Monday, July 12, 2010

Chapter 3, Part 6 - NINTH GRADE

The ninth grade turned out not to be as bad as I was anticipating, in fact it was one of the best years I ever had while in school.

The ninth graders had to sleep in the same dormitory as the grade school, but other than that, we mostly mingled with the other high school girls. I no longer had to report to Sister Bernard Marie after school hours. I shared the recreation room with the high school boarders, not the grade school that BM was in charge of. The nun that was in charge of the high school boarders was far nicer and more lenient. I don’t remember her name.

She even let us listen to the radio and watch some television. The high school girls were also allowed to dance with each other. This was the era when American Bandstand had just begun and Elvis Presley and Marlon Brando were the heartthrobs of the day. The popular dance was the “Bop”. We learned our dance moves by watching them dance on American Bandstand.

One thing that always surprised me was in all of the twelve years of boarding school, I was never taught how to cook or sew which is something you would think would be a priority in all-girl schools. The kitchen was off limits to the boarders in all three of the schools I attended, so I never even got to watch how food was prepared. We never did laundry either but did lots and lots of ironing. We even ironed our sheets.

After school, we were also allowed to leave the campus and go to nearby shops and soda fountains, which were quite popular then. We were only to leave the grounds in groups, however. This is when I first started experimenting with smoking cigarettes, which was considered a very cool thing to do, but daring and risqué for us. Something that I can’t imagine what the punishment would have been from Sister Bernard Marie!

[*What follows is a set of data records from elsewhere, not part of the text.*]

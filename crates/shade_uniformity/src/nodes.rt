//! The nodes of a function's graph.

ghost use Rattle.std.specs.Prelude.{◌≡◌, ◌<◌, ◌^◌, ◌++◌, ◌↔◌, All, Contains, IfOk, length, map, slice_get, true};
ghost use Rattle.std.specs.List.{flat_map};
ghost use Rattle.shade_core.specs.Code.{code_of};
ghost use Rattle.shade_core.specs.Standing.{act_head};
ghost use Rattle.shade_core.specs.declared.statement.Act.{out-Act};
ghost use Rattle.shade_flow.specs.Counted.{are_counted, are_few};
ghost use Rattle.shade_graph.specs.declared.node.Node.{Node};
ghost use Rattle.shade_graph.specs.Numbered.{function_nodes};
ghost use Rattle.shade_graph.specs.Order.{IsAscending};
ghost use Rattle.shade_uniformity.specs.declared.walk.Spot.{Spot};
ghost use Rattle.shade_uniformity.specs.Edges.{IsNode};
ghost use Rattle.shade_uniformity.specs.NodeLists.{argument_nodes, arguments_nodes, content_nodes, contents_nodes, gives_result, head_few, head_nodes, part_nodes, result_nodes, stored_nodes, visit_nodes};
ghost use Rattle.shade_uniformity.specs.Visits.{AreAnalysed, visit_of};

use crate::walk::{PartSpan, Spot};
use shade_core::{Act, Argument, Base, CoreFunction, CoreModule, CoreParam};
use shade_flow::{is_tracked, points_to_local};
use shade_graph::{Node, add_function_nodes, in_order};
use sqlite_items::Items;
use std::alloc::{AllocError, Global};

/// Adds the node of what a statement, or a call through an argument, stores in a variable, where the variable is tracked.
fn add_stored(
    function: &CoreFunction,
    number: u32,
    argument: u32,
    variable: Base,
    nodes: &mut Vec<Node>,
) -> Result<(), AllocError>
    ensures { IfOk result (λ _. nodes.new.items ≡ nodes.old.items ++ stored_nodes function.now number argument variable) }
{
    if is_tracked(function, variable) {
        nodes.push(Node::Stored(number, argument))?;
    }
    Ok(())
}

/// Adds the node of what a call stores through one of its arguments.
fn add_argument(
    function: &CoreFunction,
    number: u32,
    which: u32,
    argument: &Argument,
    nodes: &mut Vec<Node>,
) -> Result<(), AllocError>
    ensures { IfOk result (λ _. nodes.new.items ≡ nodes.old.items ++ argument_nodes function.now number which argument.now) }
{
    match argument {
        Argument::Plain(_) => Ok(()),
        Argument::Pointer(view) => add_stored(function, number, which, view.base, nodes),
    }
}

/// Adds the nodes of what a call stores through its arguments.
fn add_arguments(
    function: &CoreFunction,
    number: u32,
    arguments: &Items<Argument>,
    nodes: &mut Vec<Node>,
) -> Result<(), AllocError>
    requires { are_few arguments.now ≡ true }
    ensures { IfOk result (λ _. nodes.new.items ≡ nodes.old.items ++ arguments_nodes function.now number 0 arguments.now) }
{
    let mut which = 0;
    'arguments: for argument in arguments.as_slice() {
        add_argument(function, number, which, argument, nodes)?;
        which += 1;
    }
    Ok(())
}

/// Whether there is a function with a number and it gives a result.
fn gives_result(functions: &[CoreFunction], number: u32) -> bool
    ensures { result ≡ gives_result (slice_get functions.now number) }
{
    match functions.get(number as usize) {
        Some(callee) => callee.result.is_some(),
        None => false,
    }
}

/// Adds the node of the value of a call, where the function that it calls gives one.
fn add_result(
    checked: &CoreModule,
    number: u32,
    callee: u32,
    nodes: &mut Vec<Node>,
) -> Result<(), AllocError>
    ensures { IfOk result (λ _. nodes.new.items ≡ nodes.old.items ++ result_nodes checked.now number callee) }
{
    if gives_result(checked.functions.as_slice(), callee) {
        nodes.push(Node::Value(number))?;
    }
    Ok(())
}

/// Adds the nodes of what a statement gives and stores.
fn add_head(
    checked: &CoreModule,
    function: &CoreFunction,
    number: u32,
    act: &Act,
    nodes: &mut Vec<Node>,
) -> Result<(), AllocError>
    requires { head_few (act_head (out-Act act.now)) ≡ true }
    ensures { IfOk result (λ _. nodes.new.items ≡ nodes.old.items ++ head_nodes checked.now function.now number (act_head (out-Act act.now))) }
{
    match act {
        Act::Set { .. }
        | Act::Load { .. }
        | Act::Atomic { .. }
        | Act::UniformLoad { .. }
        | Act::Length { .. } => {
            nodes.push(Node::Value(number))?;
            Ok(())
        }
        Act::Declare { local, .. } => {
            add_stored(function, number, 0, Base::Local(*local), nodes)
        }
        Act::Store { view, .. } => add_stored(function, number, 0, view.base, nodes),
        Act::Call {
            function: callee,
            args,
        } => {
            add_result(checked, number, *callee, nodes)?;
            add_arguments(function, number, args, nodes)
        }
        _ => Ok(()),
    }
}

/// Adds the nodes of the parts of a statement.
fn add_parts(parts: &[PartSpan], nodes: &mut Vec<Node>) -> Result<(), AllocError>
    ensures { IfOk result (λ _. nodes.new.items ≡ nodes.old.items ++ part_nodes parts.now) }
{
    'parts: for part in parts {
        nodes.push(Node::Part(part.statement, part.which))?;
    }
    Ok(())
}

/// Adds the nodes of an analysed statement.
fn add_spot(
    checked: &CoreModule,
    function: &CoreFunction,
    spot: &Spot<'_>,
    nodes: &mut Vec<Node>,
) -> Result<(), AllocError>
    requires { head_few (visit_of spot.now).statement.head ≡ true }
    ensures { IfOk result (λ _. nodes.new.items ≡ nodes.old.items ++ visit_nodes checked.now function.now (visit_of spot.now)) }
{
    let statement = spot.statement;
    nodes.push(Node::Before(statement.number))?;
    nodes.push(Node::After(statement.number))?;
    add_parts(&spot.parts, nodes)?;
    add_head(checked, function, statement.number, &statement.act, nodes)
}

/// Adds the nodes of analysed statements.
fn add_spots(
    checked: &CoreModule,
    function: &CoreFunction,
    spots: &[Spot<'_>],
    nodes: &mut Vec<Node>,
) -> Result<(), AllocError>
    requires { All (λ (s : Spot). head_few (visit_of s).statement.head ≡ true) spots.now }
    ensures { IfOk result (λ _. nodes.new.items ≡ nodes.old.items ++ flat_map (λ (s : Spot). visit_nodes checked.now function.now (visit_of s)) spots.now) }
{
    'spots: for spot in spots {
        add_spot(checked, function, spot, nodes)?;
    }
    Ok(())
}

/// Adds the nodes of the contents of what a parameter points to, where it is a pointer of space function.
fn add_content(number: u32, param: CoreParam, nodes: &mut Vec<Node>) -> Result<(), AllocError>
    ensures { IfOk result (λ _. nodes.new.items ≡ nodes.old.items ++ content_nodes number param) }
{
    if points_to_local(param) {
        nodes.push(Node::ContentsIn(number))?;
        nodes.push(Node::ContentsOut(number))?;
    }
    Ok(())
}

/// Adds the nodes of the contents of what parameters of space function point to.
fn add_contents(params: &[CoreParam], nodes: &mut Vec<Node>) -> Result<(), AllocError>
    requires { length params.now < 2 ^ 32 }
    ensures { IfOk result (λ _. nodes.new.items ≡ nodes.old.items ++ contents_nodes 0 params.now) }
{
    let mut number = 0;
    'params: for param in params {
        add_content(number, *param, nodes)?;
        number += 1;
    }
    Ok(())
}

/// The nodes of a function of a module in node order, from its analysed statements.
///
/// Takes time in the order of a sort of the nodes, and memory for each of them. Parameters, and the arguments of each call, have numbers
/// of 32 bits.
pub fn nodes_of(
    alloc: Global,
    checked: &CoreModule,
    function: &CoreFunction,
    spots: &[Spot<'_>],
) -> Result<Vec<Node>, AllocError>
    requires analysed { AreAnalysed function.now.body spots.now }
    requires params { length function.now.params < 2 ^ 32 }
    requires arguments { are_counted (code_of function.now.body) ≡ true }
    ensures same { IfOk result (λ nodes. (node : Node) → Contains nodes.items node ↔ IsNode checked.now function.now node) }
    ensures ascending { IfOk result (λ nodes. IsAscending nodes.items) }
{
    let mut nodes = Vec::new(alloc);
    add_function_nodes(function, &mut nodes)?;
    add_contents(function.params.as_slice(), &mut nodes)?;
    add_spots(checked, function, spots, &mut nodes)?;
    Ok(in_order(nodes))
}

My two brothers shared a small apartment together for quite some time while attending Gonzaga, but rarely would I spend week-ends with them. They both worked nights in an elite bakery located in the Davenport Hotel, which was the most exclusive hotel in Spokane.

Their job was to clean the bakery at night after all of the pastry chefs left. The Hotel served exquisite French Pastries and each one had to be perfect on the inside and on the outside. Jim and Bill were supposed to throw out all the fancy pastries that weren’t perfect. Of course, they didn’t throw them away but instead they brought them back to their apartment.

They had lots of parties too. Both of them gained so much weight that they each weighed close to 400 pounds! They each had severe problems with their weight and were both considered “morbidly obese” their entire lives. Bill’s weight was part of the cause of his many problems in Military School where self-discipline was highly stressed.

In her senior year my sister Beverly moved in with Jim and Bill into a larger apartment together about a mile from Holy Names. I was allowed to spend the majority of week-ends with them. My new found freedom was exhilarating for me. Prior to that year, I rarely stayed with any of them. My sister was living on campus in a building called Madonna Hall. She would occasionally let me stay with her but only when her roommate went somewhere else and her bed was available.

When I spent week-ends with the three of them while in the ninth grade I was given lots of freedom to do pretty much anything I wanted. My father was never made aware of it or he never would have allowed it….and he would have been furious. It was our secret.

A very strange coincidence happened with that apartment. Many years after they graduated from Gonzaga, my sister’s daughter, Jennifer also attended that same University. She lived on campus her first couple of years and then decided to rent an apartment. Without knowing anything about it, she ended up renting the SAME apartment that they had lived in! My sister was shocked the first time she visited her and recognized it was the same exact place. What are the odds of that!?

Our father never allowed my sister or me to go on dates or attend dances unless we were chaperoned. He would have to meet the boy’s parents before we could even attend a dance or prom. Our dances were with boys from nearby all-boy Catholic schools. My brother Jim was actually Beverly’s date for her senior prom and my father chaperoned! He also chaperoned the one dance he ever let me attend and it was my senior prom in the twelfth grade.